## WHAT THIS TASK INVOLVES
Where the records below show a line containing "or 32 bytes.", start copying; end with the line containing "pub fn encrypt(key: &[u8], block: [u8;", and copy it too.

------ DATA PROVIDED

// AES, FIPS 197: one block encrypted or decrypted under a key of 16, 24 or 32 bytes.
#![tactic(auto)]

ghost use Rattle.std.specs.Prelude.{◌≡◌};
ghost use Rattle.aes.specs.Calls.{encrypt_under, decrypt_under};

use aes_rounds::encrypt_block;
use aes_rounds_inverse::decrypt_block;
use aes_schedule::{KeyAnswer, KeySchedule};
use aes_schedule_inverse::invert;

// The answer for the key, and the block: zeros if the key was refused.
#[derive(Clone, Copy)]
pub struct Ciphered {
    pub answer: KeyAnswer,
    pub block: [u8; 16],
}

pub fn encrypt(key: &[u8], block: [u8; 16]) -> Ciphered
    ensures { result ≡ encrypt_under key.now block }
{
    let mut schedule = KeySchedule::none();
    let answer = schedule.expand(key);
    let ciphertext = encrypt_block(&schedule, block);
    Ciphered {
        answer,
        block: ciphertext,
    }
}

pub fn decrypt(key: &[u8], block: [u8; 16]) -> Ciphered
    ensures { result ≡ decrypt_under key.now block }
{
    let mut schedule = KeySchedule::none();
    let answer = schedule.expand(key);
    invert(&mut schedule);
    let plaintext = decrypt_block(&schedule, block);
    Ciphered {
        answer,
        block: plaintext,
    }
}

------------
------ DATA PROVIDED

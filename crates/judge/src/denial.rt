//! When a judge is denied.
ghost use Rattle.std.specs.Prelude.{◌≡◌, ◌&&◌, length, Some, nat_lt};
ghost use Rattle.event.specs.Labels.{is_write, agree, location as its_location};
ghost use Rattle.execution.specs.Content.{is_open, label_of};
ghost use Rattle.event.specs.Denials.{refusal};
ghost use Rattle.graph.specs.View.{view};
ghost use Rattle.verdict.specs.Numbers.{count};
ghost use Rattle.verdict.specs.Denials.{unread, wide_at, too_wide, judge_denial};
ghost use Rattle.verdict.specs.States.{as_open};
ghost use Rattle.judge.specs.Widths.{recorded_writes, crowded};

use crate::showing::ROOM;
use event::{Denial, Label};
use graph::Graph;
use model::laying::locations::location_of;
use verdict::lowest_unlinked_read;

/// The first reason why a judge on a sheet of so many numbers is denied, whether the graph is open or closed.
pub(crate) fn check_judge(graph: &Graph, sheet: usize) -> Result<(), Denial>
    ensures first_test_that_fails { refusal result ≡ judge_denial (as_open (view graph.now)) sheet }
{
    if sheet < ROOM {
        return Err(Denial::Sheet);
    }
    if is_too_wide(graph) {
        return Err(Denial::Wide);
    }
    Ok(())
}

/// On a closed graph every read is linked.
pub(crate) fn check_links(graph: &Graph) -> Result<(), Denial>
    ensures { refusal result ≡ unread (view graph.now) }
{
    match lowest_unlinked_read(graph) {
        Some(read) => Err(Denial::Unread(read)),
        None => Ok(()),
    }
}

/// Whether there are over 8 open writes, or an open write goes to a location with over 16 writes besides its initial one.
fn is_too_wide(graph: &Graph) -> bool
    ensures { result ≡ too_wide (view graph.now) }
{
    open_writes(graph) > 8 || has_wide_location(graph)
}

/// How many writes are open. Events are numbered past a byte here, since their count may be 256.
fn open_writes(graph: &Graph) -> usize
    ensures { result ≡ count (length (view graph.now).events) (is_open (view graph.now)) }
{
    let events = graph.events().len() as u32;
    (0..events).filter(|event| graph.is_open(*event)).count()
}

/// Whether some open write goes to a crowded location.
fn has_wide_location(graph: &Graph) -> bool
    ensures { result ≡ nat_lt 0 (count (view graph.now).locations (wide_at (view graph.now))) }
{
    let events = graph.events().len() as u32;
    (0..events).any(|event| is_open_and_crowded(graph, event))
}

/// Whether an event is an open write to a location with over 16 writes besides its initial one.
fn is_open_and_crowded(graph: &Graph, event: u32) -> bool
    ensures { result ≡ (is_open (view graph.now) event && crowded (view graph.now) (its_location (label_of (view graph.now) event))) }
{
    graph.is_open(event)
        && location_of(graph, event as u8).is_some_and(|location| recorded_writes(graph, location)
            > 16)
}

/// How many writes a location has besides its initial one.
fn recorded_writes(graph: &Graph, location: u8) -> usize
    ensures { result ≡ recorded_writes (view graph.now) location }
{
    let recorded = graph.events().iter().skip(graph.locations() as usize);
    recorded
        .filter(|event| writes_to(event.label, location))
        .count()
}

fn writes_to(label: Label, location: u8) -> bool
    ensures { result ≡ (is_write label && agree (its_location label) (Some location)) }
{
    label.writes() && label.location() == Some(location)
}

------------
------ DATA PROVIDED

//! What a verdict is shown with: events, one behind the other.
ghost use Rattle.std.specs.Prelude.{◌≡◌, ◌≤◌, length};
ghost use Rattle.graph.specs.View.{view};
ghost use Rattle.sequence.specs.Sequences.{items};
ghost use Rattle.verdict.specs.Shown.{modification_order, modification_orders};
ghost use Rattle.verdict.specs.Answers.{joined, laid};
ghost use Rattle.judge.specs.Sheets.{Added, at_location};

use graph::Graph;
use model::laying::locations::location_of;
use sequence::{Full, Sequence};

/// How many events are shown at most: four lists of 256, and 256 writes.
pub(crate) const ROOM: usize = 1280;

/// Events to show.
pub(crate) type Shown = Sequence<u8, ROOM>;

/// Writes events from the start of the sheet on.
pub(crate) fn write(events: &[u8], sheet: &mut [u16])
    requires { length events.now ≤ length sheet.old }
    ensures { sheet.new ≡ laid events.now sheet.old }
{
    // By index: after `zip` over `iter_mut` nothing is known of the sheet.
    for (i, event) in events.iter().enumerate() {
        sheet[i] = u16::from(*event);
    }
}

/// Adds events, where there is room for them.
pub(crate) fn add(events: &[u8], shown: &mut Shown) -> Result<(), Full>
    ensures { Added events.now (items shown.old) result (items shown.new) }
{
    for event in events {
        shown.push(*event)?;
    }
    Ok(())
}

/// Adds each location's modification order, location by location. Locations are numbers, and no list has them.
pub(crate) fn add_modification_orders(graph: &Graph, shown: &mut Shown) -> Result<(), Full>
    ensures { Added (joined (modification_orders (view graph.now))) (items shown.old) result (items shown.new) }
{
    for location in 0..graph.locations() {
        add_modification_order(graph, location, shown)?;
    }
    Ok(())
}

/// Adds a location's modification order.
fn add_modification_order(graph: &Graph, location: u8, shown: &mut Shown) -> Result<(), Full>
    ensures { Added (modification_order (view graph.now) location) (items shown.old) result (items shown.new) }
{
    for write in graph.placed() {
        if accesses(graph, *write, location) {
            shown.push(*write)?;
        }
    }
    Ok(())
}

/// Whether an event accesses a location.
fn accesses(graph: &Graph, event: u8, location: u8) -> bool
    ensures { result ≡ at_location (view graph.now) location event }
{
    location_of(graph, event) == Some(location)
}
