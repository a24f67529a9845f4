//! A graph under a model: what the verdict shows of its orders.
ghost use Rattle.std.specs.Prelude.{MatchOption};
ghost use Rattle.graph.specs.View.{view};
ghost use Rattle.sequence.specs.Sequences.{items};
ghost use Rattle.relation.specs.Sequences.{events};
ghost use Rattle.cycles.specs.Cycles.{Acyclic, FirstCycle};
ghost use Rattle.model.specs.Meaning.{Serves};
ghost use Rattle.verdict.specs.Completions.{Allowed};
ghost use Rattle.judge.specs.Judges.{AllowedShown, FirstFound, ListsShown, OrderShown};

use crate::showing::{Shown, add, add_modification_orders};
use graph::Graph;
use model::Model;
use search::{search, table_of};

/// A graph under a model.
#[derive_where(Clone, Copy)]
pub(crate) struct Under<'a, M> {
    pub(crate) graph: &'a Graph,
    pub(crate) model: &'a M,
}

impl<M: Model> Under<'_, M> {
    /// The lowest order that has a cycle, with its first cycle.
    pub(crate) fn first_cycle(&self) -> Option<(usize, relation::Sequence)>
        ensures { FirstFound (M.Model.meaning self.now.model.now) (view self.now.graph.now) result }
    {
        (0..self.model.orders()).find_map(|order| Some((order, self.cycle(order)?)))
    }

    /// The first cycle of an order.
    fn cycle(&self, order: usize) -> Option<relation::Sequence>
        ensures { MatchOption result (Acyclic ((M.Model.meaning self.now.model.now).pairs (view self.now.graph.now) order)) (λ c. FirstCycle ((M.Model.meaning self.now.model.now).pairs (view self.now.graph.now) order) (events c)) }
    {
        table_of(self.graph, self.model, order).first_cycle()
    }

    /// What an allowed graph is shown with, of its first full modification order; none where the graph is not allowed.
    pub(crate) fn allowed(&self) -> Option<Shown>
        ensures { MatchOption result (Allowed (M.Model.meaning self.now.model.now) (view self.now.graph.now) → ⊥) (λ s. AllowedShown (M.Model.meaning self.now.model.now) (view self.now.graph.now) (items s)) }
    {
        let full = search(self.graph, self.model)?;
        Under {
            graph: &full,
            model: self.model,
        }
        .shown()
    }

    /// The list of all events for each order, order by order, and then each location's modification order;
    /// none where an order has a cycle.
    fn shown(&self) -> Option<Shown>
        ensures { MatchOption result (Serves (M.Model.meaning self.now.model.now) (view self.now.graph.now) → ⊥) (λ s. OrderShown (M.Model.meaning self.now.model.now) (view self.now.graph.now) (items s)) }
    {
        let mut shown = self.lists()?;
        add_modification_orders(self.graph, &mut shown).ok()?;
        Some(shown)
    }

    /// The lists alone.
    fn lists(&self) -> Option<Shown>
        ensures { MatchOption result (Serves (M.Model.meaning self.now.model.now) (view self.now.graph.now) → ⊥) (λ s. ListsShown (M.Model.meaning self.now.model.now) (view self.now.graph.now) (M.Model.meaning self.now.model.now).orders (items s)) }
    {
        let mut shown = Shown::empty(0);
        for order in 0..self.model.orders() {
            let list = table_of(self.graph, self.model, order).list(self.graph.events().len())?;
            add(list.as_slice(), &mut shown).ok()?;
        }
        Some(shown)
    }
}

------------

## YOUR SOLUTION
// AES, FIPS 197: one block encrypted or decrypted under a key of 16, 24 or 32 bytes.
#![tactic(auto)]

ghost use Rattle.std.specs.Prelude.{◌≡◌};
ghost use Rattle.aes.specs.Calls.{encrypt_under, decrypt_under};

use aes_rounds::encrypt_block;
use aes_rounds_inverse::decrypt_block;
use aes_schedule::{KeyAnswer, KeySchedule};
use aes_schedule_inverse::invert;

// The answer for the key, and the block: zeros if the key was refused.
#[derive(Clone, Copy)]
pub struct Ciphered {
    pub answer: KeyAnswer,
    pub block: [u8; 16],
}

pub fn encrypt(key: &[u8], block: [u8; 16]) -> Ciphered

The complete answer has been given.